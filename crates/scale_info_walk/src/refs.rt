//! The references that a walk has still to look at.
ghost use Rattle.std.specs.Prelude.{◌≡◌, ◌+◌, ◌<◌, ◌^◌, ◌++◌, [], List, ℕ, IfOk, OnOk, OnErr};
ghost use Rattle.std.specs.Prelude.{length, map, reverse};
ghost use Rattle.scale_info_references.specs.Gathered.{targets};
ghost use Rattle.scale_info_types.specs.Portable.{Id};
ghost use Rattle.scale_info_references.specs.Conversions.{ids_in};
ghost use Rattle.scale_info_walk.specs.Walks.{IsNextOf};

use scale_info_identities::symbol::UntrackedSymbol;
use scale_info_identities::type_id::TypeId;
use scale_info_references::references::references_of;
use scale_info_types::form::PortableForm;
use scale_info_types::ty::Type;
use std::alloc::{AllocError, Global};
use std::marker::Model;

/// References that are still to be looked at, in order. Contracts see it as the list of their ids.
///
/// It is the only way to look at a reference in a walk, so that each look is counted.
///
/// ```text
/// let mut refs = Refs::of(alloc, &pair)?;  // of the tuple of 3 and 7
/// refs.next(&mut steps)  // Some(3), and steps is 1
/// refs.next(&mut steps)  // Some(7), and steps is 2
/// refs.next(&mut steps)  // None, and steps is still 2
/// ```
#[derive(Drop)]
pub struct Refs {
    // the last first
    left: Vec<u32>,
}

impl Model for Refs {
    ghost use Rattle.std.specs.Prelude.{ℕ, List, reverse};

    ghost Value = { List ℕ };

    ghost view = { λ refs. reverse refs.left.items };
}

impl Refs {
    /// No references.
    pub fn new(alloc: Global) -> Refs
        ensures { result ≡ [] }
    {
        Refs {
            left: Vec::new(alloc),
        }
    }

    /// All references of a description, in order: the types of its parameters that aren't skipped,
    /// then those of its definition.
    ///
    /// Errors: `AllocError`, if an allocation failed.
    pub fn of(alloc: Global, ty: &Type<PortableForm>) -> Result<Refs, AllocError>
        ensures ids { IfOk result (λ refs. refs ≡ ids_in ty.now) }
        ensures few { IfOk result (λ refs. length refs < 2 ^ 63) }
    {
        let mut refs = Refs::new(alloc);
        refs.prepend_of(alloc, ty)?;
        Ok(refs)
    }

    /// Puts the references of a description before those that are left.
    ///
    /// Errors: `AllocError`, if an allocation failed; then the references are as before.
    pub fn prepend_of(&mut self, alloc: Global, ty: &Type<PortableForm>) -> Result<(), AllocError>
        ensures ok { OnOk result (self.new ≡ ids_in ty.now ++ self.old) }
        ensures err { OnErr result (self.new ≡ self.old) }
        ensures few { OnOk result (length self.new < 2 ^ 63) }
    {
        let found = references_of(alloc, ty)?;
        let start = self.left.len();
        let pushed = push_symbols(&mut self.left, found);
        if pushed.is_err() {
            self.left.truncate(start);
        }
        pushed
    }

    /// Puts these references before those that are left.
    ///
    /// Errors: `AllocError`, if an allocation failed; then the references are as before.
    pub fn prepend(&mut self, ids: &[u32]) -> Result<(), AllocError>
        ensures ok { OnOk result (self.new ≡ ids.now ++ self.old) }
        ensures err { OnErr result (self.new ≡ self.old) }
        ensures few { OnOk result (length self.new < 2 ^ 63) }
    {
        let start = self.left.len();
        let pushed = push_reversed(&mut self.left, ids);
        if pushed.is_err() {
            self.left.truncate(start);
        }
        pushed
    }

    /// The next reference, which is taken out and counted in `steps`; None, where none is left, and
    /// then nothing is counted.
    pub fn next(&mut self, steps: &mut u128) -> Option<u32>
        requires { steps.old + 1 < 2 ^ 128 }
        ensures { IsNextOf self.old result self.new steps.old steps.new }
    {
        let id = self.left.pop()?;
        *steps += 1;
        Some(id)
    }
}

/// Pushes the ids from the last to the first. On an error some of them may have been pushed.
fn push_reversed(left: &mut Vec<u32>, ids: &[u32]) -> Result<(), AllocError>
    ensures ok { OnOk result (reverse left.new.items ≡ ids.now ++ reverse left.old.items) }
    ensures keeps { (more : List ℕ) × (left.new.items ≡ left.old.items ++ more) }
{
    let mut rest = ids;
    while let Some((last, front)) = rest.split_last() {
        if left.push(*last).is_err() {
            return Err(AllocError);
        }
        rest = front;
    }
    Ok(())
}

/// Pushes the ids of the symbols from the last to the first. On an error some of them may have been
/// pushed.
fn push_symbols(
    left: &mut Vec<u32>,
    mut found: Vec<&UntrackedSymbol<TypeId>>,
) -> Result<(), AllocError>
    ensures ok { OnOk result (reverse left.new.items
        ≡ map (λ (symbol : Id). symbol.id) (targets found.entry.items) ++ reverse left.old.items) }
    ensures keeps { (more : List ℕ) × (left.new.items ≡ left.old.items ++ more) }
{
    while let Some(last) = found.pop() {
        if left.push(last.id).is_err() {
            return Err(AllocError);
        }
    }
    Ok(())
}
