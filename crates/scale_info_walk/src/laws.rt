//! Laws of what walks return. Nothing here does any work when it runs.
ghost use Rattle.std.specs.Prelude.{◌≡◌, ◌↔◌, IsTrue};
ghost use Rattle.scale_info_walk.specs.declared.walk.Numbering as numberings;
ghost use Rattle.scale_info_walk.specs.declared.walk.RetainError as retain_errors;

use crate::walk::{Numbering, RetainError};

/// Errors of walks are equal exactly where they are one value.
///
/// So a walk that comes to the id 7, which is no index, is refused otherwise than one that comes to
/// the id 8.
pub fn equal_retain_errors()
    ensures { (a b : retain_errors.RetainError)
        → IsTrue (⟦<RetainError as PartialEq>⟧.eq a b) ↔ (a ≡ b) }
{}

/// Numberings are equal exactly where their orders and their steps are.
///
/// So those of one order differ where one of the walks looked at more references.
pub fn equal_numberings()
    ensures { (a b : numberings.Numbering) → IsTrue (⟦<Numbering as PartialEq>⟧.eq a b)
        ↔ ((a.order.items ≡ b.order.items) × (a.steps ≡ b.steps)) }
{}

= = = = =

## Work request
Please output every line shown above exactly.

## Response to the exercise
filename crates/scale_info_walk/src/refs.rt
//! The references that a walk has still to look at.
ghost use Rattle.std.specs.Prelude.{◌≡◌, ◌+◌, ◌<◌, ◌^◌, ◌++◌, [], List, ℕ, IfOk, OnOk, OnErr};
ghost use Rattle.std.specs.Prelude.{length, map, reverse};
ghost use Rattle.scale_info_references.specs.Gathered.{targets};
ghost use Rattle.scale_info_types.specs.Portable.{Id};
ghost use Rattle.scale_info_references.specs.Conversions.{ids_in};
ghost use Rattle.scale_info_walk.specs.Walks.{IsNextOf};

use scale_info_identities::symbol::UntrackedSymbol;
use scale_info_identities::type_id::TypeId;
use scale_info_references::references::references_of;
use scale_info_types::form::PortableForm;
use scale_info_types::ty::Type;
use std::alloc::{AllocError, Global};
use std::marker::Model;

/// References that are still to be looked at, in order. Contracts see it as the list of their ids.
///
/// It is the only way to look at a reference in a walk, so that each look is counted.
///
/// ```text
/// let mut refs = Refs::of(alloc, &pair)?;  // of the tuple of 3 and 7
/// refs.next(&mut steps)  // Some(3), and steps is 1
/// refs.next(&mut steps)  // Some(7), and steps is 2
/// refs.next(&mut steps)  // None, and steps is still 2
/// ```
#[derive(Drop)]
pub struct Refs {
    // the last first
    left: Vec<u32>,
}

impl Model for Refs {
    ghost use Rattle.std.specs.Prelude.{ℕ, List, reverse};

    ghost Value = { List ℕ };

    ghost view = { λ refs. reverse refs.left.items };
}

impl Refs {
    /// No references.
    pub fn new(alloc: Global) -> Refs
        ensures { result ≡ [] }
    {
        Refs {
            left: Vec::new(alloc),
        }
    }

    /// All references of a description, in order: the types of its parameters that aren't skipped,
    /// then those of its definition.
    ///
    /// Errors: `AllocError`, if an allocation failed.
    pub fn of(alloc: Global, ty: &Type<PortableForm>) -> Result<Refs, AllocError>
        ensures ids { IfOk result (λ refs. refs ≡ ids_in ty.now) }
        ensures few { IfOk result (λ refs. length refs < 2 ^ 63) }
    {
        let mut refs = Refs::new(alloc);
        refs.prepend_of(alloc, ty)?;
        Ok(refs)
    }

    /// Puts the references of a description before those that are left.
    ///
    /// Errors: `AllocError`, if an allocation failed; then the references are as before.
    pub fn prepend_of(&mut self, alloc: Global, ty: &Type<PortableForm>) -> Result<(), AllocError>
        ensures ok { OnOk result (self.new ≡ ids_in ty.now ++ self.old) }
        ensures err { OnErr result (self.new ≡ self.old) }
        ensures few { OnOk result (length self.new < 2 ^ 63) }
    {
        let found = references_of(alloc, ty)?;
        let start = self.left.len();
        let pushed = push_symbols(&mut self.left, found);
        if pushed.is_err() {
            self.left.truncate(start);
        }
        pushed
    }

    /// Puts these references before those that are left.
    ///
    /// Errors: `AllocError`, if an allocation failed; then the references are as before.
    pub fn prepend(&mut self, ids: &[u32]) -> Result<(), AllocError>
        ensures ok { OnOk result (self.new ≡ ids.now ++ self.old) }
        ensures err { OnErr result (self.new ≡ self.old) }
        ensures few { OnOk result (length self.new < 2 ^ 63) }
    {
        let start = self.left.len();
        let pushed = push_reversed(&mut self.left, ids);
        if pushed.is_err() {
            self.left.truncate(start);
        }
        pushed
    }

    /// The next reference, which is taken out and counted in `steps`; None, where none is left, and
    /// then nothing is counted.
    pub fn next(&mut self, steps: &mut u128) -> Option<u32>
        requires { steps.old + 1 < 2 ^ 128 }
        ensures { IsNextOf self.old result self.new steps.old steps.new }
    {
        let id = self.left.pop()?;
        *steps += 1;
        Some(id)
    }
}

/// Pushes the ids from the last to the first. On an error some of them may have been pushed.
fn push_reversed(left: &mut Vec<u32>, ids: &[u32]) -> Result<(), AllocError>
    ensures ok { OnOk result (reverse left.new.items ≡ ids.now ++ reverse left.old.items) }
    ensures keeps { (more : List ℕ) × (left.new.items ≡ left.old.items ++ more) }
{
    let mut rest = ids;
    while let Some((last, front)) = rest.split_last() {
        if left.push(*last).is_err() {
            return Err(AllocError);
        }
        rest = front;
    }
    Ok(())
}

/// Pushes the ids of the symbols from the last to the first. On an error some of them may have been
/// pushed.
fn push_symbols(
    left: &mut Vec<u32>,
    mut found: Vec<&UntrackedSymbol<TypeId>>,
) -> Result<(), AllocError>
    ensures ok { OnOk result (reverse left.new.items
        ≡ map (λ (symbol : Id). symbol.id) (targets found.entry.items) ++ reverse left.old.items) }
    ensures keeps { (more : List ℕ) × (left.new.items ≡ left.old.items ++ more) }
{
    while let Some(last) = found.pop() {
        if left.push(last.id).is_err() {
            return Err(AllocError);
        }
    }
    Ok(())
}
filename crates/scale_info_walk/src/laws.rt
//! Laws of what walks return. Nothing here does any work when it runs.
ghost use Rattle.std.specs.Prelude.{◌≡◌, ◌↔◌, IsTrue};
ghost use Rattle.scale_info_walk.specs.declared.walk.Numbering as numberings;
ghost use Rattle.scale_info_walk.specs.declared.walk.RetainError as retain_errors;

use crate::walk::{Numbering, RetainError};

/// Errors of walks are equal exactly where they are one value.
///
/// So a walk that comes to the id 7, which is no index, is refused otherwise than one that comes to
/// the id 8.
pub fn equal_retain_errors()
    ensures { (a b : retain_errors.RetainError)
        → IsTrue (⟦<RetainError as PartialEq>⟧.eq a b) ↔ (a ≡ b) }
{}

/// Numberings are equal exactly where their orders and their steps are.
///
/// So those of one order differ where one of the walks looked at more references.
pub fn equal_numberings()
    ensures { (a b : numberings.Numbering) → IsTrue (⟦<Numbering as PartialEq>⟧.eq a b)
        ↔ ((a.order.items ≡ b.order.items) × (a.steps ≡ b.steps)) }
{}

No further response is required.